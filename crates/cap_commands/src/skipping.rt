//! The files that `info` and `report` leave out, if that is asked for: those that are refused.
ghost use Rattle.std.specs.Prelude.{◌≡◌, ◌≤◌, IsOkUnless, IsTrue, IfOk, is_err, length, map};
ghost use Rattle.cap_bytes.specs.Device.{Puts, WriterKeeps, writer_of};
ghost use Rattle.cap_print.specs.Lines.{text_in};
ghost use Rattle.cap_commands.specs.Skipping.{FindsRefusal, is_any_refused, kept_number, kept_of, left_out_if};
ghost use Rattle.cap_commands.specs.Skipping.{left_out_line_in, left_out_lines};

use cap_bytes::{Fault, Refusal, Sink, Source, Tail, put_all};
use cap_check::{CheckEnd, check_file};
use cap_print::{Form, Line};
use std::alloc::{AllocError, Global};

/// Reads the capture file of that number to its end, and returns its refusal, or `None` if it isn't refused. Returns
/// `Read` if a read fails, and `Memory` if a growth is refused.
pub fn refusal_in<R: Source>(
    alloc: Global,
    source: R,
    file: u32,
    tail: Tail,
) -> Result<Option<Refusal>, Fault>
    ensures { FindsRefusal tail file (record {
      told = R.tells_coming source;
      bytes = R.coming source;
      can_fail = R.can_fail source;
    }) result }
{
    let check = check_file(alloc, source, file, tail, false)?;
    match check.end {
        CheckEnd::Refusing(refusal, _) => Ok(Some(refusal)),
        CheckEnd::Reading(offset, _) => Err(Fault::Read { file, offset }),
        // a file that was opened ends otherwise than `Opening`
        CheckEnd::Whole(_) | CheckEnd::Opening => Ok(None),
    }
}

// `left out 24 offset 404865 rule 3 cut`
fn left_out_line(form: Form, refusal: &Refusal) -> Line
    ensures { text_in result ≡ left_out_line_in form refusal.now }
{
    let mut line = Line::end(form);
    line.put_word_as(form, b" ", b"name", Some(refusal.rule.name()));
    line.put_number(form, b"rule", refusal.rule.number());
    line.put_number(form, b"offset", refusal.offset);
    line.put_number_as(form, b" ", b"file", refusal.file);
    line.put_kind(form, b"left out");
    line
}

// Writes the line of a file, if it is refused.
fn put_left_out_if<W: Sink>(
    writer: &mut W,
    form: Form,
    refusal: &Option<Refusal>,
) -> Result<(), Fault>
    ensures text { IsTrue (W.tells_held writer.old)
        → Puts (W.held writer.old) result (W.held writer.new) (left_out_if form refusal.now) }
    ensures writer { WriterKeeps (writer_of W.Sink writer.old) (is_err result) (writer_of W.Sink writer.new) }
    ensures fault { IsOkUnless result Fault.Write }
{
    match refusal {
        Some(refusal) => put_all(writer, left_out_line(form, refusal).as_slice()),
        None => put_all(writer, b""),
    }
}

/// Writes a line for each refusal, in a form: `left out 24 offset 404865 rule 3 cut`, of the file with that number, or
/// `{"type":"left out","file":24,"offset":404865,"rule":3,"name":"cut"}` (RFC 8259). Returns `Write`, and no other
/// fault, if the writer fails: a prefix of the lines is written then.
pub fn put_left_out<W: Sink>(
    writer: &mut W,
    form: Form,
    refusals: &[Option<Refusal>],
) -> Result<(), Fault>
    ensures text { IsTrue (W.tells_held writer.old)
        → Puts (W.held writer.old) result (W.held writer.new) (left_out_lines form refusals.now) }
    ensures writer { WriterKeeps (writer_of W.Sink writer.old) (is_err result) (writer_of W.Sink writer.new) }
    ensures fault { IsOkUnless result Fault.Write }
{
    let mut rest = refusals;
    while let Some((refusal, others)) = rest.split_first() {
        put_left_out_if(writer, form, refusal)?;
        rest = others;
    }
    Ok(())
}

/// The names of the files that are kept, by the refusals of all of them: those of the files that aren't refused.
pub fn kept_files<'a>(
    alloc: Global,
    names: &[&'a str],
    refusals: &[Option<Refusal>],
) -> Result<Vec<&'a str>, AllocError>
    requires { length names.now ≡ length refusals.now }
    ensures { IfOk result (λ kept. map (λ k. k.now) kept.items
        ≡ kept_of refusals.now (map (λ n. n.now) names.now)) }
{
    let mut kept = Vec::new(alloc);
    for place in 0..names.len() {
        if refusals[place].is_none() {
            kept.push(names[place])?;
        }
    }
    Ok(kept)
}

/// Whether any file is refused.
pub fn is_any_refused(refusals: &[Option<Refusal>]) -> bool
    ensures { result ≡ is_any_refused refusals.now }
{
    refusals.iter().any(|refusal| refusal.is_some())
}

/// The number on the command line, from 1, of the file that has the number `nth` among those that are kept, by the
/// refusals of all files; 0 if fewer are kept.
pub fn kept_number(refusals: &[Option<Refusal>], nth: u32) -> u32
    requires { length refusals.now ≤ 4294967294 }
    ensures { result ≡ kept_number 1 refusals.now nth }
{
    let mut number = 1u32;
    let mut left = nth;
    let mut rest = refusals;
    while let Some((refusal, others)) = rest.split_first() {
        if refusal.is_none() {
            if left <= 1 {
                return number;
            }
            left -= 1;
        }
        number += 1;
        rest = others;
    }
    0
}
* * *
▶ [TASK STATEMENT]: This task needs one value: the number of lines in the material above that contain the word "requires".

▶ [FINAL ANSWER]: 2